Effects of curing conditions with different temperature and humidity on damage evolution of concrete during freeze-thaw cycling

To clarify the relationship between the curing conditions (temperature and humidity) of concrete and its frost resistance, several concretes with different water-binder (w/b) ratios and curing conditions were investigated by observing their microstructural damage in a freeze-thaw (F-T) environment using nuclear magnetic resonance (NMR). The results reveal that the curing temperature and humidity significantly influence the pore distribution and porous quality of concrete. With the decrease of the curing temperature and humidity and the increase of the w/b ratio, the proportion of macropores (0.05 mu m < r < 1 mu m) and microcracks (r >= 1 mu m) significantly increases.
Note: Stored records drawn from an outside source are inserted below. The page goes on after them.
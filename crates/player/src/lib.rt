// The player: it checks a job file and the lent buffers, and then plays the file's grants on them.
#![tactic(auto)]

ghost use Rattle.std.specs.Prelude.{IfOk, ◌≡◌, ◌*◌, ◌≤◌, length};
ghost use Rattle.std.specs.declared.result.Result.TheVariants.{Ok};
ghost use Rattle.job.specs.Refusal.{told};
ghost use Rattle.job.specs.Played.{played_told};
ghost use Rattle.turns.specs.Turns.{buffers_of};
ghost use Rattle.player.specs.Player.{left, play_refusal, played_of, Roomy};
ghost use Rattle.player.specs.Parts.{laid_of, TurnableOn, TurnsOn, closed_of};
ghost use Rattle.player.specs.Demand.{LinearizedHere, LawfulHere, WaitedHere, BoundedHere};

use job::{Play, Refusal, Tally};
use reader::{Accepted, Checked};
use start::{
    INDEX_ROOM, clear_report, first_mask, first_requests, first_tasks, fresh_table, index_requests,
    resting_heads,
};
use stepper::Indexed;
use turns::{Progress, counted, first_progress, first_tally, turn};
use word::Word;

// The job of a file, where lent buffers of these lengths are long enough for it: checked before anything is written, the file
// first, then the buffers in their order.
#[tactic(auto, using(crate::proofs::Refusals::room_of), unfolding(crate::specs::Player::play_refusal, crate::specs::Player::lent_refusal))]
pub fn admission(
    file: &[u8],
    table: usize,
    report: usize,
    linearization: usize,
) -> Result<Accepted, Refusal>
    ensures told { told result ≡ play_refusal file.now table report linearization }
    ensures same { IfOk result (λ job. job.file.now ≡ file.now) }
    ensures roomy { IfOk result (λ job. Roomy job.file.now job.counts table report linearization) }
{
    let job = Accepted::check(file)?;
    let counts = job.counts;
    if table < counts.nodes as usize {
        return Err(Refusal::Buffer);
    }
    if report < 4 * (counts.requests as usize) {
        return Err(Refusal::Buffer);
    }
    if linearization < 2 * (counts.requests as usize) {
        return Err(Refusal::Buffer);
    }
    Ok(job)
}

// Lays out the start on buffers that are long enough, and answers what the play carries before its first grant; what is past
// the nodes and the requests stays as lent.
pub fn lay_out(job: Accepted, table: &mut [Word], report: &mut [u32]) -> Progress
    requires nodes_in_bounds { job.counts.nodes ≤ length table.old }
    requires requests_in_bounds { 4 * job.counts.requests ≤ length report.old }
    ensures { record { table = table.new; report = report.new; progress = result }
        ≡ laid_of job.entry.file.now table.old report.old }
{
    let counts = job.counts;
    let nodes = counts.nodes as usize;
    let rows = 4 * (counts.requests as usize);
    fresh_table(&mut table[..nodes]);
    clear_report(&mut report[..rows]);
    let firsts = first_requests(job);
    let tasks = first_tasks(job, &report[..rows], firsts);
    let heads = resting_heads(tasks);
    let mask = first_mask(firsts, counts.requests);
    first_progress(heads, mask)
}

// One grant on the parts of the lent buffers that the job needs.
pub fn turn_on(
    indexed: Indexed,
    progress: Progress,
    table: &mut [Word],
    report: &mut [u32],
    linearization: &mut [u32],
) -> Progress
    requires { TurnableOn indexed.job.file.now indexed.job.counts progress table.old report.old linearization.old }
    ensures { TurnsOn indexed.entry.job.file.now indexed.entry.job.counts progress result
        (buffers_of progress table.old report.old linearization.old)
        (buffers_of result table.new report.new linearization.new) }
{
    let counts = indexed.job.counts;
    let nodes = counts.nodes as usize;
    let rows = 4 * (counts.requests as usize);
    turn(
        indexed,
        progress,
        &mut table[..nodes],
        &mut report[..rows],
        linearization,
    )
}

// What a play of an accepted job answers.
pub fn closed(counts: Checked, progress: Progress, tally: Tally) -> Play
    ensures { played_told (Ok result) ≡ closed_of counts progress tally }
{
    Play {
        nodes: counts.nodes,
        heads: counts.heads,
        requests: counts.requests,
        grants: counts.grants,
        entries: progress.entries,
        tally,
    }
}

// Plays a job file: any bytes, on any lent buffers.
pub fn play(
    file: &[u8],
    table: &mut [Word],
    report: &mut [u32],
    linearization: &mut [u32],
) -> Result<Play, Refusal>
    ensures exact { left table.new report.new linearization.new (played_told result)
        ≡ played_of file.now table.old report.old linearization.old }
    ensures linearized { (played_told result).number ≡ 0
        → LinearizedHere file.now (played_told result) table.new report.new linearization.new }
    ensures lawful { (played_told result).number ≡ 0
        → LawfulHere file.now (played_told result) table.new report.new }
    ensures waited { (played_told result).number ≡ 0
        → WaitedHere file.now (played_told result) report.new linearization.new }
    ensures bounded { (played_told result).number ≡ 0
        → BoundedHere file.now (played_told result) report.new }
{
    let job = admission(file, table.len(), report.len(), linearization.len())?;
    let counts = job.counts;
    let mut progress = lay_out(job, table, report);
    let mut index = [0u16; INDEX_ROOM];
    index_requests(job, &mut index);
    let indexed = Indexed {
        job,
        successors: &index,
    };
    let mut tally = first_tally(progress);
    for _granted in 0..counts.grants {
        progress = turn_on(indexed, progress, table, report, linearization);
        tally = counted(tally, progress);
    }
    Ok(closed(counts, progress, tally))
}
Compared with standard curing, the proportion of macropores and microcracks in concrete under the curing conditions of 10 degrees C-RH70% and 3 degrees C-RH50% increased by 16.21% and 26.71% respectively, while the frost resistance of concrete decreased. With the increase of the F-T cycles, the proportion of macropores and microcracks in concrete increased, the proportion of micropores (r < 0.01 mu m) and mesopores (0.01 mu m < r < 0.05 mu m) decreased, and the T-2 spectrum curve gradually moved to the right. Notably, the above-mentioned microstructure changes are reflected in the relative dynamic elastic modulus (RDEM). The total ratio of mesopores to macropores significantly influences the damage degree of concrete. Compared with the increase of the w/b ratio, the lack of curing temperature and humidity have greater influence on the frost resistance of concrete. The RDEM of concrete decreases with the increase of the F-T cycles, which is consistent with the change of the microcrack proportion.